• **Problem details**: Looking at the records below, please say how many lines contain the word "What", as a bare number.

• **Data extract**:
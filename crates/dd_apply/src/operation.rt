//! The operations on two truths that are one recursion on diagrams.
ghost use Rattle.std.specs.Prelude.{◌⊎◌, ◌≤◌, IfSome, IfNone};
ghost use Rattle.dd_apply.specs.Settled.{Settles};

use dd_store::NodeNo;

/// What is made of two truths.
#[derive(Clone, Copy, Debug, PartialEq, Eq, Hash)]
pub enum Operation {
    /// Whether both are true.
    And,
    /// Whether one of them is true.
    Or,
    /// Whether exactly one of them is true.
    Xor,
}

impl Operation {
    /// What the operation makes of two nodes, where that is a constant or one of them for every table.
    pub(crate) fn settle(self, a: NodeNo, b: NodeNo) -> Option<NodeNo>
        ensures settled { IfSome result (λ r. Settles self a.0 b.0 r.0) }
        ensures nodes { IfNone result ((2 ≤ a.0) ⊎ (2 ≤ b.0)) }
    {
        match self {
            Operation::And => settle_and(a, b),
            Operation::Or => settle_or(a, b),
            Operation::Xor => settle_xor(a, b),
        }
    }
}

/// Both are true: one of them, where the other is it too, or true.
fn settle_and(a: NodeNo, b: NodeNo) -> Option<NodeNo>
    ensures settled { IfSome result (λ r. Settles Operation.And a.0 b.0 r.0) }
    ensures nodes { IfNone result ((2 ≤ a.0) ⊎ (2 ≤ b.0)) }
{
    if a == b || b == NodeNo::YES || a == NodeNo::NO {
        Some(a)
    } else if a == NodeNo::YES || b == NodeNo::NO {
        Some(b)
    } else {
        None
    }
}

/// One of them is true: one of them, where the other is it too, or false.
fn settle_or(a: NodeNo, b: NodeNo) -> Option<NodeNo>
    ensures settled { IfSome result (λ r. Settles Operation.Or a.0 b.0 r.0) }
    ensures nodes { IfNone result ((2 ≤ a.0) ⊎ (2 ≤ b.0)) }
{
    if a == b || b == NodeNo::NO || a == NodeNo::YES {
        Some(a)
    } else if a == NodeNo::NO || b == NodeNo::YES {
        Some(b)
    } else {
        None
    }
}

/// Exactly one is true: one of them, where the other is false, and no where they are one.
fn settle_xor(a: NodeNo, b: NodeNo) -> Option<NodeNo>
    ensures settled { IfSome result (λ r. Settles Operation.Xor a.0 b.0 r.0) }
    ensures nodes { IfNone result ((2 ≤ a.0) ⊎ (2 ≤ b.0)) }
{
    if a == b {
        Some(NodeNo::NO)
    } else if b == NodeNo::NO {
        Some(a)
    } else if a == NodeNo::NO {
        Some(b)
    } else {
        None
    }
}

• **Answer box**: 2